Bilateral sixth nerve palsy greater in the right eye. A, Primary position with left eye fixing. B, dextroversion; C, levoversion

History
This 66-year-old woman sustained closed head injury in a car accident 14 months earlier. She also sustained multiple lower limb fractures and uses a walker. Since the accident, her eyes have crossed and she is bothered by constant diplopia.

Examination
Visual acuity with correction is OS 20/25-2 and OS 20/20-1. Glasses are OD +2.00+0.50 X 180 degrees and OS +2.00+0.50 X 10 degrees with a +2.50 add. Adduction is normal in both eyes. Abduction is slightly limited (-1) in the left eye. The right eye does not abduct even to the midline. Approximately 60 prism diopters of right esotropia is present in the primary position while fixing with the left eye. The esotropia increases when fixing with the right eye and in right gaze. The esodeviation is less in left gaze. Saccadic velocity is moderately brisk to the left in the left eye. A floating saccade is present in attempted abduction in the right eye as the eye moves from the adducted position to just short of the midline.

Diagnosis
Bilateral traumatic sixth nerve palsy more severe in the right eye.

Treatment/Surgery
Full tendon transfer shifting the right superior rectus and right inferior rectus to the right lateral rectus was performed. At surgery this patient was noted to have a flaccid right lateral rectus muscle. Because of this, in addition to the full tendon transfer, a 10 mm plication-tuck was done on the right lateral rectus, sparing the anterior artery. Five units of Botox were then injected into the right medial rectus muscle because passive adduction of the right eye was moderately restricted.

Comment
Posteratively the patient had anterior segment ischemia of the right eye characterized by flare and cell, keratic precipitates, and a dilated fixed pupil. This resolved for the most part after intense topical steroid therapy consisting of 1 drop of 1% prednisolone in the right cul-de-sac every 2 hours while awake. This was reduced gradually over the next 4 weeks to 2 drops a day as the anterior chamber flare and cell reaction subsided. Atrophy of the iris stroma persists from the 9 to 12 o’clock meridians. The pupil is also eccentrically dilated to approximately 6 mm with a reduced reaction to light. In addition, during this period, the patient developed cystoid macular edema with visual acuity reduced to 20/200 in the right eye. The retinal lesion was not treated. After 6 weeks, vision improved to 20/30, but the residual pigmentary changes in the macula and a slight increase in the cataract indicate that visual acuity may not improve beyond this level. Primary position alignment is 10 prism diopters of exotropia, and the patient has single binocular vision with a slight left face turn.

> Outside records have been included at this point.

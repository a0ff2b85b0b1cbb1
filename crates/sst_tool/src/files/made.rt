//! The result of writing tables.
use crate::lines::{Format, word_for};
use std::io;
use std::io::Write;

/// The number of tables written, and of their entries.
#[derive(Clone, Copy, Debug, PartialEq, Eq)]
pub struct Made {
    /// The number of tables.
    pub tables: u64,
    /// The number of entries in all tables.
    pub entries: u64,
}

/// Prints the numbers in one line, as words or as a JSON object.
pub fn print_made<W: Write>(output: &mut W, made: Made, format: Format) -> io::Result<()> {
    let (tables, entries) = (made.tables, made.entries);
    match format {
        Format::Lines => {
            let table_word = word_for(tables, "table", "tables");
            let entry_word = word_for(entries, "entry", "entries");
            writeln!(output, "{tables} {table_word}, {entries} {entry_word}")
        }
        Format::Json => { writeln!(output, "{{\"tables\":{tables},\"entries\":{entries}}}") }
    }
}
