//! Opened files.
use lsm_files::ReadAt;
use sst_blocks::Slice;
use std::alloc::{AllocError, Allocator, Global};
use std::io;

/// An opened file, which is read at an offset.
#[derive(Drop)]
pub enum Contents<F, A: Allocator = Global> {
    /// A regular file.
    File(F),
    /// The bytes of another file, such as a pipe, read to its end.
    Memory(Slice<A>),
}

impl<F, A: Allocator + Clone> Contents<F, A> {
    /// Returns the bytes if they are in memory. Such a file may not be read again.
    ///
    /// # Errors
    ///
    /// Fails only if memory runs out.
    pub(crate) fn in_memory(&self) -> Result<Option<Slice<A>>, AllocError> {
        match self {
            Contents::File(_) => Ok(None),
            Contents::Memory(bytes) => Ok(Some(bytes.clone()?)),
        }
    }
}

impl<F: ReadAt, A: Allocator> ReadAt for Contents<F, A> {
    ghost use Rattle.sst_tool.specs.files.Contents.{bytes_in};

    ghost reads = { F.reads };

    ghost bytes = { λ contents. bytes_in F.bytes contents };

    fn len(&self) -> io::Result<u64> {
        match self {
            Contents::File(file) => file.len(),
            Contents::Memory(bytes) => Ok(bytes.len() as u64),
        }
    }

    fn read_exact_at(&self, buf: &mut [u8], offset: u64) -> io::Result<()> {
        match self {
            Contents::File(file) => file.read_exact_at(buf, offset),
            Contents::Memory(bytes) => bytes.read_exact_at(buf, offset),
        }
    }
}
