//! Removes what interrupted runs left under temporary names.
ghost use Rattle.std.specs.Prelude.{◌≡◌};
ghost use Rattle.sst_tool.specs.files.Words as spec;

use crate::files::write::{NAMES, path_of};
use crate::files::{FileName, Place};
use std::alloc::Allocator;

/// Removes the regular files that have the temporary names of a path before `own`. The caller has
/// found these names taken, as killed runs leave them. An error is ignored.
pub(crate) fn remove_files<P: Place, A: Allocator + Copy>(
    place: &mut P,
    alloc: A,
    path: &str,
    own: &str,
)
    ensures { spec.OnlyDoes (spec.Removes (spec.IsBeside path.now))
        (P.done place.old) (P.done place.new) }
{
    for number in 1..=NAMES {
        let Ok(name) = format!(in alloc; "{path}.{number}.tmp") else {
            return;
        };
        if name.as_str() == own {
            return;
        }
        remove_file(place, name.as_str());
    }
}

/// Removes the folders that have the temporary names of a path before `own`, with the numbered
/// tables in them. The caller has found these names taken, as killed runs leave them. Of a folder
/// with other files only the numbered tables are removed. An error is ignored.
pub(crate) fn remove_folders<P: Place, A: Allocator + Copy>(
    place: &mut P,
    alloc: A,
    stem: &str,
    own: &str,
)
    ensures { spec.OnlyDoes (spec.Clears (spec.IsBeside stem.now))
        (P.done place.old) (P.done place.new) }
{
    for number in 1..=NAMES {
        let Ok(name) = format!(in alloc; "{stem}.{number}.tmp") else {
            return;
        };
        if name.as_str() == own {
            return;
        }
        remove_folder(place, alloc, name.as_str());
    }
}

// Removes a folder with the numbered tables in it. A folder with other files stays, without these.
fn remove_folder<P: Place, A: Allocator + Copy>(place: &mut P, alloc: A, folder: &str)
    ensures { spec.OnlyDoes (spec.Clears (λ p. p ≡ folder.now))
        (P.done place.old) (P.done place.new) }
{
    if !is_folder(place, folder) {
        return;
    }
    remove_tables(place, alloc, folder);
    place.remove_folder(folder);
}

// Removes the numbered tables in a folder. The first thousand numbers may be missing: a run that
// was killed while it removed them has left the last ones.
fn remove_tables<P: Place, A: Allocator + Copy>(place: &mut P, alloc: A, folder: &str)
    ensures { spec.OnlyDoes (spec.Clears (λ p. p ≡ folder.now))
        (P.done place.old) (P.done place.new) }
{
    for number in 1..=u64::MAX {
        let Ok(path) = path_of(alloc, &FileName::Within(folder, number)) else {
            return;
        };
        if !remove_file(place, path.as_str()) && number >= NAMES {
            return;
        }
    }
}

// Removes a regular file, and returns whether the path was one.
fn remove_file<P: Place>(place: &mut P, path: &str) -> bool
    ensures { spec.OnlyDoes (spec.Removes (λ p. p ≡ path.now))
        (P.done place.old) (P.done place.new) }
{
    if !is_file(place, path) {
        return false;
    }
    place.remove(path);
    true
}

// Whether a path is a regular file, as far as the system says.
fn is_file<P: Place>(place: &P, path: &str) -> bool {
    match place.look(path) {
        Ok(Some(metadata)) => metadata.is_file(),
        _ => false,
    }
}

// Whether a path is a folder, as far as the system says.
fn is_folder<P: Place>(place: &P, path: &str) -> bool {
    match place.look(path) {
        Ok(Some(metadata)) => metadata.is_dir(),
        _ => false,
    }
}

This case may demonstrate the vulnerability of an eye in an older patient to anterior segment ischemia after detachment of the vertical recti. It is not clear what role the Botox injection in the medial rectus or for that matter the lateral rectus plication played in the anterior segment ischemia. However, I have seen two other cases of anterior segment ischemia occurring after Botox injection in similar cases where we thought sufficient anterior ciliary circulation remained.